# When do you wean?



## rabbitman (May 8, 2011)

I am not sure when to wean our last litter we didn't wean until a month old, and the baby bred its mom.


----------



## terri9630 (May 8, 2011)

rabbitman said:
			
		

> I am not sure when to wean our last litter we didn't wean until a month old, and the baby bred its mom.


We wean at 6wks.  Rabbits aren't sexually mature at 4wks old, they don't breed until about 12wks.  There had to be contact with another buck.


----------



## dewey (May 8, 2011)

Wow, 4 weeks old?!  

Most of mine stay together for 8 weeks.


----------



## RIRs (May 8, 2011)

So you can bred a female at 12 weeks?


----------



## rabbitman (May 8, 2011)

4 weeks wow I wan't even thinking that, he was almost as big as his mom so I just assusmed he'd be fine which he was perfectly fine. There was no contact with another buck I am sure of it, they were in a hutch away from all my other rabbits. 
So around 6-8wks I will start weaning them.


----------



## dewey (May 8, 2011)

RIRs said:
			
		

> So you can bred a female at 12 weeks?


It's possible for them to get pregnant at that age but that's it's way too young.


----------



## terri9630 (May 8, 2011)

What breed are you talking about?  I can't think of any breed that is near full grown at a month old.


----------



## rabbitman (May 8, 2011)

terri9630 said:
			
		

> What breed are you talking about?  I can't think of any breed that is near full grown at a month old.

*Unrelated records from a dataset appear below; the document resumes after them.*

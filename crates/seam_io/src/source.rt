// A source of bytes, and the adapter over a reader of std.
ghost use Rattle.std.specs.Prelude.{◌≡◌, ◌<◌, length};
ghost use Rattle.std.specs.Io.{ReadsAtMost};
ghost use Rattle.std.specs.Io.KnownBytes.{ReadConsumes};
ghost use Rattle.seam_io.specs.Causes.{HasCause, CountsEnds};
ghost use Rattle.seam_io.specs.States.{SourceState};

use std::io::Read;
use std::marker::Model;
use thiserror::Error;

/// A call of a source or of a sink that could not be done.
#[derive(Clone, Copy, Debug, PartialEq, Eq, Error)]
#[error("the stream failed")]
pub struct Failed;

/// Where bytes come from.
///
/// A source counts its faults and how often it said that it is at its end. Neither count falls, and both are 0 in a
/// new source. The objects of this crate keep them in a `u64`, whose last value stays.
pub trait Source {
    /// The bytes that are left to read, where the source tells them, and how often a read has failed and has found the end.
    ghost state: { Self → SourceState };

    /// Takes the next bytes, at least one and at most as many as `buf` has room for, to the start of `buf`.
    ///
    /// `Ok(0)` is the end of the input: no byte is left, and the count of ends rose. `Failed` takes nothing, and comes
    /// only where the count of faults rose.
    fn read(&mut self, buf: &mut [u8]) -> Result<usize, Failed>
        requires { 0 < length buf.old }
        ensures bound { ReadsAtMost result buf.new }
        ensures bytes { ReadConsumes (state self.old).left (state self.new).left result buf.new }
        ensures end { CountsEnds (state self.old).ends (state self.new).ends result }
        ensures cause { HasCause (state self.old).faults (state self.new).faults result };
}

/// A source over a reader of std, which is trusted to read.
///
/// It tells the bytes that the reader tells: a stream of the system tells none.
#[derive(Drop)]
pub struct RealSource<R> {
    inner: R,
    faults: u64,
    ends: u64,
}

impl<R> Model for RealSource<R> {
    ghost use Rattle.seam_io.specs.RealSource.{CountedReader, reader_code};

    ghost Value = { CountedReader R };

    ghost coded = { reader_code R.code };

    ghost view = { λ s. record { inner = s.inner; faults = s.faults; ends = s.ends } };
}

impl<R: Read> RealSource<R> {
    /// A source over `inner` that has answered nothing yet.
    pub fn new(inner: R) -> Self
        ensures { result ≡ record { inner = inner; faults = 0; ends = 0 } }
    {
        RealSource {
            inner,
            faults: 0,
            ends: 0,
        }
    }
}

impl<R: Read> Source for RealSource<R> {
    ghost state = { λ s. record { left = R.remaining s.inner; faults = s.faults; ends = s.ends } };

    // An error of the reader is a fault, and so is a count that is greater than the room.
    fn read(&mut self, buf: &mut [u8]) -> Result<usize, Failed> {
        let room = buf.len();
        match self.inner.read(buf) {
            Ok(0) => {
                self.ends = self.ends.saturating_add(1);
                Ok(0)
            }
            Ok(count) if count <= room => Ok(count),
            _ => {
                self.faults = self.faults.saturating_add(1);
                Err(Failed)
            }
        }
    }
}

Pure muts, the mother looks like a wild rabbit and the dad is my avatar, the baby turned out orange.


----------



## dewey (May 8, 2011)

rabbitman said:
			
		

> terri9630 said:
> 
> 
> 
> ...


I'm so confused, lol...so the baby _was_ actually 28 days old, full grown size, and bred his mom?  

Hope you can post pics!


----------



## rabbitman (May 8, 2011)

I sold the baby on Easter, but I can post pics of the mom she isn't very big neither is the father, maybe when you breed 2 small rabbits you get one big one she only had one.


----------



## smalltimer (May 9, 2011)

that is strange for a 4 week old baby to be as big as his mom and to be sexuly mature i normaly ween at about 6-8 weeks with no probs:/


----------



## doubled (May 9, 2011)

Same here, I wean at 6 weeks, breed new does at 6 months, I have New Zealands.


----------



## norcal (May 22, 2011)

doubled said:
			
		

> I breed new does at 6 months, I have New Zealands.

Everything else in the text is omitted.